***** MATERIAL FOR THIS TASK

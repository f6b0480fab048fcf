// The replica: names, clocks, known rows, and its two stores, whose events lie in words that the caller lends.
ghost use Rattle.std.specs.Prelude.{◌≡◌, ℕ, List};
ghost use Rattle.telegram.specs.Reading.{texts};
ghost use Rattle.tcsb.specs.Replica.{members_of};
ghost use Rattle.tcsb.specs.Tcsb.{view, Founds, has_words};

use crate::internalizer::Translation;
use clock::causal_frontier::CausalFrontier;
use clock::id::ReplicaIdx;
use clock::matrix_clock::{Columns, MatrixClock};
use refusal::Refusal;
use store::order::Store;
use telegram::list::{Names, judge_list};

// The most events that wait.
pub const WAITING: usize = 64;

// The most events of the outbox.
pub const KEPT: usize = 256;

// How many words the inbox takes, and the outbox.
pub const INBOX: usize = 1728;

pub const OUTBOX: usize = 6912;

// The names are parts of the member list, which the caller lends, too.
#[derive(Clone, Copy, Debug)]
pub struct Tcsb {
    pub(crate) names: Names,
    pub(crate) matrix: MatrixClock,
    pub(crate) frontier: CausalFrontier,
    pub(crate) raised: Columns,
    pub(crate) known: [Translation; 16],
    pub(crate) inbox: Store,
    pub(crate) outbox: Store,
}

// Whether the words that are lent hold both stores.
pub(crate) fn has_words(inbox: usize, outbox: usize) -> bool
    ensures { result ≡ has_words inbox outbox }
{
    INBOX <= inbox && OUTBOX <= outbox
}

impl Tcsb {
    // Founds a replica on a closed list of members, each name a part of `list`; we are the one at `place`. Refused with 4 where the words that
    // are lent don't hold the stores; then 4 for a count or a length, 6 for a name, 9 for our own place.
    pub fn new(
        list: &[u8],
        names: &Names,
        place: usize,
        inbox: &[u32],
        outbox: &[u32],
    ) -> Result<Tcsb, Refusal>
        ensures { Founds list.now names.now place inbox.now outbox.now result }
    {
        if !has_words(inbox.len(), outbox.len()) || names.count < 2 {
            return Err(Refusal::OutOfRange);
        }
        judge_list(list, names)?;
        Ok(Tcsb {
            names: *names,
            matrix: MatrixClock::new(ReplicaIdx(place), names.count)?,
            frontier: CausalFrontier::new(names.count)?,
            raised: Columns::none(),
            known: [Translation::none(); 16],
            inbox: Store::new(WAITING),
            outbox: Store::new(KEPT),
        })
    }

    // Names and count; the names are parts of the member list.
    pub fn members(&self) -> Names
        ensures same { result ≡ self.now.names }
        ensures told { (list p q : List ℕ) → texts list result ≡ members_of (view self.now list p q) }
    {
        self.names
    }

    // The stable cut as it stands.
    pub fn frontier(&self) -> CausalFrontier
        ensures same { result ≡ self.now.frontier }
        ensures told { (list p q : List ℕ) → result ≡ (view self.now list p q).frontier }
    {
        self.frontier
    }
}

**********

WHAT YOU NEED TO DO: A full, exact copy of the entries is required. Return it.

WRITTEN RESPONSE:
repository f6b0480fab048fcf
// The replica: names, clocks, known rows, and its two stores, whose events lie in words that the caller lends.
ghost use Rattle.std.specs.Prelude.{◌≡◌, ℕ, List};
ghost use Rattle.telegram.specs.Reading.{texts};
ghost use Rattle.tcsb.specs.Replica.{members_of};
ghost use Rattle.tcsb.specs.Tcsb.{view, Founds, has_words};

use crate::internalizer::Translation;
use clock::causal_frontier::CausalFrontier;
use clock::id::ReplicaIdx;
use clock::matrix_clock::{Columns, MatrixClock};
use refusal::Refusal;
use store::order::Store;
use telegram::list::{Names, judge_list};

// The most events that wait.
pub const WAITING: usize = 64;

// The most events of the outbox.
pub const KEPT: usize = 256;

// How many words the inbox takes, and the outbox.
pub const INBOX: usize = 1728;

pub const OUTBOX: usize = 6912;

// The names are parts of the member list, which the caller lends, too.
#[derive(Clone, Copy, Debug)]
pub struct Tcsb {
    pub(crate) names: Names,
    pub(crate) matrix: MatrixClock,
    pub(crate) frontier: CausalFrontier,
    pub(crate) raised: Columns,
    pub(crate) known: [Translation; 16],
    pub(crate) inbox: Store,
    pub(crate) outbox: Store,
}

// Whether the words that are lent hold both stores.
pub(crate) fn has_words(inbox: usize, outbox: usize) -> bool
    ensures { result ≡ has_words inbox outbox }
{
    INBOX <= inbox && OUTBOX <= outbox
}

impl Tcsb {
    // Founds a replica on a closed list of members, each name a part of `list`; we are the one at `place`. Refused with 4 where the words that
    // are lent don't hold the stores; then 4 for a count or a length, 6 for a name, 9 for our own place.
    pub fn new(
        list: &[u8],
        names: &Names,
        place: usize,
        inbox: &[u32],
        outbox: &[u32],
    ) -> Result<Tcsb, Refusal>
        ensures { Founds list.now names.now place inbox.now outbox.now result }
    {
        if !has_words(inbox.len(), outbox.len()) || names.count < 2 {
            return Err(Refusal::OutOfRange);
        }
        judge_list(list, names)?;
        Ok(Tcsb {
            names: *names,
            matrix: MatrixClock::new(ReplicaIdx(place), names.count)?,
            frontier: CausalFrontier::new(names.count)?,
            raised: Columns::none(),
            known: [Translation::none(); 16],
            inbox: Store::new(WAITING),
            outbox: Store::new(KEPT),
        })
    }

    // Names and count; the names are parts of the member list.
    pub fn members(&self) -> Names
        ensures same { result ≡ self.now.names }
        ensures told { (list p q : List ℕ) → texts list result ≡ members_of (view self.now list p q) }
    {
        self.names
    }

    // The stable cut as it stands.
    pub fn frontier(&self) -> CausalFrontier
        ensures same { result ≡ self.now.frontier }
        ensures told { (list p q : List ℕ) → result ≡ (view self.now list p q).frontier }
    {
        self.frontier
    }
}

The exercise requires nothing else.